▸ **Data in this exercise**
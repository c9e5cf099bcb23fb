//! The typed unit: its trees, its tables, and what is always true of it.
#![tactic(auto)]

mod body;
mod counts;
mod expressions;
mod memory;
mod names;
mod operators;
mod readers;
mod rows;
mod signatures;
mod statement_counts;
mod tables;
mod units;
mod words;

pub use body::{Body, Braces, Initializer, LocalVariable, LoopKind, Stmt};
pub use counts::nodes;
pub use expressions::{Expr, Place, Storage};
pub use names::Name;
pub use operators::{
    ArithmeticOperator, BinaryOperator, Cause, Comparands, ComparisonOperator, LogicalOperator,
    PointerSide, Sign, StepValue, UnaryOperator, Update,
};
pub use readers::{callee_of, level_of};
pub use rows::{LibRow, library};
pub use signatures::row_type;
pub use statement_counts::{function_nodes, initializer_nodes, statement_nodes};
pub use tables::{
    FIRST_ROW, FunctionInfo, MemberInfo, MemberList, NumberList, Object, ObjectList, SiteInfo,
    StructInfo, UnitParts, VariableInfo, WordList,
};
pub use units::{Unit, Which};
pub use words::{Word, pack, unpack};
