pub(crate) fn check_classes(classes: &[ClassDecl], first: &mut First)
    ensures { first.new ≡ least first.old (flat_map rules.broken_class classes.now) }
{
    for c in classes {
        check_number(1, 16, &c.limit, first);
    }
}

/// The names of one body: its parameters and its other variables.
fn check_names(
    vars: Listed<'_, VarDecl>,
    params: &[ParDecl],
    locals: &[LocalDecl],
    first: &mut First,
)
    requires { IsIndex vars.numbers.now (map (λ v. v.name) vars.items.now) }
    ensures { first.new ≡ least first.old (rules.broken_names (rules.names_of_vars (map tree.variable vars.entry.items.now))
        (rules.names_of_params (map tree.parameter params.now) ++ rules.names_of_locals (map tree.local_of locals.now))) }
{
    let none: &[Name] = &[];
    check_doubled(params, locals, none, first);
    check_doubled(locals, none, none, first);
    check_as_variables(vars, params, first);
    check_as_variables(vars, locals, first);
}

/// Tells where an operation has more than so many results.
fn check_result_count(results: &[WrittenKind], first: &mut First)
    ensures { first.new ≡ least first.old (rules.too_many 8 (map (λ k. k.place) (map tree.written results.now))) }
{
    if let Some(kind) = results.get(8) {
        tell_if(true, Rule::BadLimit, kind.place, first);
    }
}

/// Tells where a body has more than so many variables.
fn check_local_count(locals: &[LocalDecl], first: &mut First)
    ensures { first.new ≡ least first.old
        (rules.too_many 32 (rules.places_of (rules.names_of_locals (map tree.local_of locals.now)))) }
{
    check_count(32, locals, first);
}

/// What stands before the body of an operation.
#[tactic(auto, using(crate::proofs::Least::least_append))]
fn check_head(classes: &[ClassDecl], o: &OpDecl, first: &mut First)
    ensures { first.new ≡ least first.old (rules.broken_head (map (λ c. c.name) classes.now) (tree.operation o.now)) }
{
    check_number(0, 65_535, &o.needs, first);
    check_among(classes, &o.class, first);
    check_count(8, &o.params, first);
    check_result_count(&o.results, first);
    check_count(32, &o.locals, first);
}

/// The variables of the type.
fn vars_in<'a>(around: &Surroundings<'a>) -> Listed<'a, VarDecl>
    ensures items { result.items.now ≡ around.now.program.now.vars.items }
    ensures numbers { result.numbers.now ≡ around.now.vars.now }
{
    Listed {
        items: &around.program.vars,
        numbers: around.vars,
    }
}

/// A list of nothing.
fn none_of<'a, T>(none: &'a Numbers) -> Listed<'a, T>
    ensures items { result.items.now ≡ [] }
    ensures numbers { result.numbers.now ≡ none.now }
{
    Listed {
        items: &[],
        numbers: none,
    }
}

▸ **Problem to solve**
Needed here are the exact lines from the start of the material through the line that contains "mod signatures;", and no others.

▸ **Completed exercise**
repository c9e5cf099bcb23fb
//! The typed unit: its trees, its tables, and what is always true of it.
#![tactic(auto)]

mod body;
mod counts;
mod expressions;
mod memory;
mod names;
mod operators;
mod readers;
mod rows;
mod signatures;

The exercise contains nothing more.